New media is getting into the same problems as old media: Buzzfeed UK lost £3.5m last year

New media vs traditional media was meant to have a clear difference — new media has lower costs and higher profits. It seems that is proving harder to achieve than previously thought.

Buzzfeed UK —  entirely owned by its US parent — has revealed mounting losses despite rapid sales growth as it battles to make money and expand into new territory.

Buzzfeed UK’s financial statements for the year ending December 31 2016 are available to view on the Companies House website.

Although turnover more than doubled last year to reach £20.5m, Buzzfeed UK’s losses increased from £109,000 in 2015 to more than £3.5m a year later.

Buzzfeed‘s UK edition launched in March 2013. This was three years after Buzzfeed was founded in the US.

The online publication said the results were consistent with its expectations “considering it is in its early growth phase, and continuing to invest in a number of overseas subsidiaries”.

How did Buzzfeed UK generate revenue?

British advertising sales accounted for the vast majority of revenues,  with only £2.6m of the total turnover drawn from the rest of the world.

Paying up

Buzzfeed UK paid £255,444 in corporation tax last year.

Recruitment drive

Last year, Buzzfeed UK had 204 employees, up nearly 50 percent on the previous year’s workforce of 137.

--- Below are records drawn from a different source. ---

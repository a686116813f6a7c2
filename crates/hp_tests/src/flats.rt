//! Closures, ranks, flats and covers of three lines in a plane, worked by hand: of three through one point, and of three of
//! which two are parallel.

use crate::samples::{hyperplanes_within, three_lines, two_parallel_lines_and_one};
use hp_arr::Aff;
use hp_flats::{closure, flats, flats_with_covers, rank, total_rank};
use hp_sets::HSet;
use std::test::Fail;

#[test]
fn closures_and_ranks(rt: HostRuntime) -> Result<(), Fail> {
    let alloc = rt.alloc();
    let aff = Aff::of(alloc, &three_lines(&rt, alloc)?)?;
    let two = hyperplanes_within(&aff, HSet::single(1).with(2))?;
    assert_eq!(rt; closure(alloc, &aff, two)?, Some(HSet::first(3)));
    assert_eq!(rt; rank(alloc, &aff, two)?, Some(2));
    assert_eq!(rt; total_rank(alloc, &aff)?, 2);
    Ok(())
}

#[test]
fn covers(rt: HostRuntime) -> Result<(), Fail> {
    let alloc = rt.alloc();
    let aff = Aff::of(alloc, &three_lines(&rt, alloc)?)?;
    let found = flats_with_covers(alloc, &aff)?;
    assert_eq!(rt; found.len(), 5);
    let covers = [HSet::single(1), HSet::single(2), HSet::single(3)];
    assert_eq!(rt; found[0].covers.as_slice(), covers.as_slice());
    assert_eq!(rt; found[1].covers.as_slice(), [HSet::first(3)].as_slice());
    assert_eq!(rt; found[4].covers.as_slice().len(), 0);
    Ok(())
}

#[test]
fn closures_and_ranks_of_parallel_lines(rt: HostRuntime) -> Result<(), Fail> {
    let alloc = rt.alloc();
    let aff = two_parallel_lines_and_one(&rt, alloc)?;
    let parallel = hyperplanes_within(&aff, HSet::first(2))?;
    assert_eq!(rt; closure(alloc, &aff, parallel)?, None);
    assert_eq!(rt; rank(alloc, &aff, parallel)?, None);
    let corner = hyperplanes_within(&aff, HSet::single(2).with(3))?;
    assert_eq!(rt; closure(alloc, &aff, corner)?, Some(corner));
    assert_eq!(rt; rank(alloc, &aff, corner)?, Some(2));
    assert_eq!(rt; total_rank(alloc, &aff)?, 2);
    Ok(())
}

#[test]
fn covers_of_parallel_lines(rt: HostRuntime) -> Result<(), Fail> {
    let alloc = rt.alloc();
    let aff = two_parallel_lines_and_one(&rt, alloc)?;
    let first = HSet::single(1).with(3);
    let second = HSet::single(2).with(3);
    let sets = [
        HSet::empty(),
        HSet::single(1),
        HSet::single(2),
        HSet::single(3),
        first,
        second,
    ];
    let sets = &sets[..];
    let listed = flats(alloc, &aff)?;
    assert_eq!(rt; listed.len(), 6);
    for k in 0..6 {
        assert_eq!(rt; listed[k].set, sets[k]);
    }
    let found = flats_with_covers(alloc, &aff)?;
    assert_eq!(rt; found.len(), 6);
    assert_eq!(rt; found[1].covers.as_slice(), [first].as_slice());
    assert_eq!(rt; found[3].covers.as_slice(), [first, second].as_slice());
    assert_eq!(rt; found[5].covers.as_slice().len(), 0);
    Ok(())
}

Some 138 of its staff worked in editorial in 2016. The rest were spread across sales and marketing, technology, admin, and so-called motion pictures.

BuzzFeed UK’s wage bill subsequently doubled to around £10m last year. This increased to £12.2m when pension costs and social security are included.

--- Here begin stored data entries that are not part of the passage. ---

//! Normal forms over three lines in a plane, worked by hand: e_2 e_3 is e_1 e_3 less e_1 e_2.

ghost use Rattle.std.specs.Prelude.{IfOk};
ghost use Rattle.hp_os.specs.OrlikSolomon.{IsElement};

use crate::samples::three_lines;
use hp_algebra::{FiniteField, NoMem};
use hp_arr::Arr;
use hp_exterior::Ext;
use hp_modp::{Gf, P31};
use hp_os::{congruent, is_supported, normal_form};
use hp_sets::HSet;
use std::alloc::Global;
use std::test::Fail;

type K = Gf<P31>;

/// The sum of these terms, each a coefficient with a set.
fn element(alloc: Global, terms: &[(i64, HSet)]) -> Result<Ext<K>, NoMem> {
    let mut list = Vec::new(alloc);
    for (c, s) in terms {
        list.push((*s, K::from_i64(*c)))?;
    }
    Ext::from_terms(alloc, list)
}

/// The element, whose sets are sets of hyperplanes.
fn supported<F: FiniteField>(arr: &Arr<F>, x: Ext<F>) -> Result<Ext<F>, Fail>
    ensures { IfOk result (IsElement F.ring F.numbers arr.now) }
{
    if is_supported(arr, &x) {
        return Ok(x);
    }
    Err("a number is that of no hyperplane".into())
}

#[test]
fn normal_forms(rt: HostRuntime) -> Result<(), Fail> {
    let alloc = rt.alloc();
    let arr = three_lines(&rt, alloc)?;
    let upper = HSet::single(2).with(3);
    let outer = HSet::single(1).with(3);
    let lower = HSet::single(1).with(2);
    let x = element(alloc, &[(1, upper), (5, HSet::first(3))])?;
    let x = supported(&arr, x)?;
    let form = normal_form(alloc, &arr, &x)?;
    assert_eq!(rt; form.len(), 2);
    assert_eq!(rt; form.coeff(lower).residue(), 30);
    assert_eq!(rt; form.coeff(outer).residue(), 1);
    Ok(())
}

/// e_2 e_3 is congruent to e_1 e_3 - e_1 e_2, and not to e_1 e_3 + e_1 e_2.
#[test]
fn congruence(rt: HostRuntime) -> Result<(), Fail> {
    let alloc = rt.alloc();
    let arr = three_lines(&rt, alloc)?;
    let outer = HSet::single(1).with(3);
    let lower = HSet::single(1).with(2);
    let upper = supported(&arr, element(alloc, &[(1, HSet::single(2).with(3))])?)?;
    for (sign, answer) in [(30, true), (1, false)] {
        let other = supported(&arr, element(alloc, &[(1, outer), (sign, lower)])?)?;
        assert_eq!(rt; congruent(alloc, &arr, &upper, &other)?, answer);
    }
    Ok(())
}
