//! The calls at the residues modulo 31, with answers worked by hand.

use crate::samples::residues;
use hp_algebra::{Field, FiniteField, NoMem};
use hp_linear::Matrix;
use hp_modp::{Gf, P31};
use std::alloc::{AllocError, Global};
use std::process::Abort;
use std::test::Fail;

type K = Gf<P31>;

/// The residues of these integers.
fn row(alloc: Global, entries: &[i64]) -> Result<Vec<K>, AllocError> {
    entries.iter().map(|v| K::from_i64(*v)).collect(alloc)
}

/// The matrix of these rows, each of so many entries.
fn matrix(
    rt: &impl Abort,
    alloc: Global,
    cols: usize,
    entries: &[&[i64]],
) -> Result<Matrix<K>, AllocError> {
    let rows = residues(alloc, entries)?;
    assert!(rt; rows.iter().all(|row| row.len() == cols));
    Ok(Matrix::new(cols, rows))
}

/// The entries, row by row, as numbers.
fn numbers(alloc: Global, m: &Matrix<K>) -> Result<Vec<u32>, AllocError> {
    let mut numbers = Vec::new(alloc);
    for r in 1..=m.rows() {
        for c in 1..=m.cols() {
            numbers.push(m.at(r, c).residue())?;
        }
    }
    Ok(numbers)
}

#[test]
fn echelon_forms(rt: HostRuntime) -> Result<(), Fail> {
    let alloc = rt.alloc();
    let table: [(usize, &[&[i64]], &[u32], &[usize]); 8] = [
        (2, &[&[1, 1], &[1, 1]], &[1, 1], &[1]),
        (2, &[], &[], &[]),
        (0, &[&[]], &[], &[]),
        (1, &[&[0], &[5], &[7]], &[1], &[1]),
        (3, &[&[0, 0, 0], &[0, 0, 0]], &[], &[]),
        (2, &[&[0, 2], &[3, 0]], &[1, 0, 0, 1], &[1, 2]),
        (
            4,
            &[&[0, 2, 4, 2], &[1, 1, 1, 1], &[1, 2, 3, 2]],
            &[1, 0, 30, 0, 0, 1, 2, 1],
            &[1, 2],
        ),
        (
            3,
            &[&[1, 2, 3], &[2, 4, 7], &[0, 0, 30]],
            &[1, 2, 0, 0, 0, 1],
            &[1, 3],
        ),
    ];
    for (cols, rows, reduced, columns) in table {
        let m = matrix(&rt, alloc, cols, rows)?;
        let (form, pivots) = m.echelon(alloc)?;
        assert_eq!(rt; numbers(alloc, &form)?.as_slice(), reduced, "{rows:?}");
        assert_eq!(rt; pivots.as_slice(), columns, "{rows:?}");
        assert_eq!(rt; m.rank(alloc)?, columns.len(), "{rows:?}");
    }
    Ok(())
}

#[test]
fn kernels(rt: HostRuntime) -> Result<(), Fail> {
    let alloc = rt.alloc();
    let table: [(usize, &[&[i64]], &[u32]); 7] = [
        (2, &[&[1, 1], &[1, 1]], &[30, 1]),
        (2, &[], &[1, 0, 0, 1]),
        (0, &[&[]], &[]),
        (1, &[&[4]], &[]),
        (1, &[&[0]], &[1]),
        (2, &[&[1, 2], &[3, 4]], &[]),
        (
            4,
            &[&[0, 1, 2, 1], &[1, 0, -1, 0]],
            &[1, 29, 1, 0, 0, 30, 0, 1],
        ),
    ];
    for (cols, rows, basis) in table {
        let found = matrix(&rt, alloc, cols, rows)?.kernel(alloc)?;
        assert!(rt; found.iter().all(|c| c.len() == cols));
        let found = Matrix::new(cols, found);
        assert_eq!(rt; numbers(alloc, &found)?.as_slice(), basis, "{rows:?}");
    }
    Ok(())
}

/// Whether the two lists have the same residues.
fn are_equal(a: &[K], b: &[K]) -> bool {
    a.len() == b.len() && a.iter().zip(b).all(|(x, y)| x.residue() == y.residue())
}

/// The solution of the rows and b, as integers from 0 to 30.
fn solved(
    rt: &impl Abort,
    alloc: Global,
    cols: usize,
    rows: &[&[i64]],
    b: &[i64],
) -> Result<Option<Vec<K>>, NoMem> {
    let m = matrix(rt, alloc, cols, rows)?;
    let b = row(alloc, b)?;
    assert!(rt; b.len() == m.rows());
    m.solve(alloc, &b)
}

#[test]
fn solutions(rt: HostRuntime) -> Result<(), Fail> {
    let alloc = rt.alloc();
    let table: [(usize, &[&[i64]], &[i64], Option<&[i64]>); 8] = [
        (2, &[&[1, 2], &[0, 29]], &[0, 1], Some(&[1, 15])),
        (2, &[&[1, 1], &[1, 1]], &[0, 1], None),
        (2, &[&[1, 1], &[1, 1]], &[0, 0], Some(&[0, 0])),
        (2, &[], &[], Some(&[0, 0])),
        (0, &[&[]], &[1], None),
        (0, &[&[]], &[0], Some(&[])),
        (1, &[&[2]], &[1], Some(&[16])),
        (1, &[&[0]], &[3], None),
    ];
    for (cols, rows, b, answer) in table {
        let found = solved(&rt, alloc, cols, rows, b)?;
        match answer {
            Some(c) => {
                let c = row(alloc, c)?;
                assert!(rt; are_equal(&found.ok_or("none")?, &c), "{rows:?}");
            }
            None => {
                assert!(rt; found.is_none(), "{rows:?}");
            }
        }
    }
    Ok(())
}

#[test]
fn inverses(rt: HostRuntime) -> Result<(), Fail> {
    let alloc = rt.alloc();
    let table: [(usize, &[&[i64]], Option<&[u32]>); 6] = [
        (2, &[&[1, 2], &[0, 29]], Some(&[1, 1, 0, 15])),
        (2, &[&[1, 1], &[1, 1]], None),
        (0, &[], Some(&[])),
        (1, &[&[0]], None),
        (1, &[&[2]], Some(&[16])),
        (
            3,
            &[&[0, 1, 0], &[0, 0, 1], &[1, 0, 0]],
            Some(&[0, 0, 1, 1, 0, 0, 0, 1, 0]),
        ),
    ];
    for (size, rows, answer) in table {
        let m = matrix(&rt, alloc, size, rows)?;
        assert!(rt; m.rows() == m.cols());
        let found = m.inverse(alloc)?;
        match answer {
            Some(inverse) => {
                assert_eq!(rt;
                    numbers(alloc, &found.ok_or("none")?)?.as_slice(),
                    inverse,
                    "{rows:?}"
                );
            }
            None => {
                assert!(rt; found.is_none(), "{rows:?}");
            }
        }
    }
    Ok(())
}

BuzzFeed is the 11th most consumed news website in the UK, according to the media watchdog Ofcom.

New media vs traditional media – the changing media landscape

Last week, the UK edition of Glamour magazine announced it would be going “digital first” from next month. It will be stopping its monthly editions and instead producing a “collectible, glossy” issue twice a year.

The magazine’s move is a response to the increasing number of people who consume news online rather than in print.

Almost 50 percent of UK adults get their news from the internet, compared to 29 percent who buy newspapers, according to an Ofcom report last year.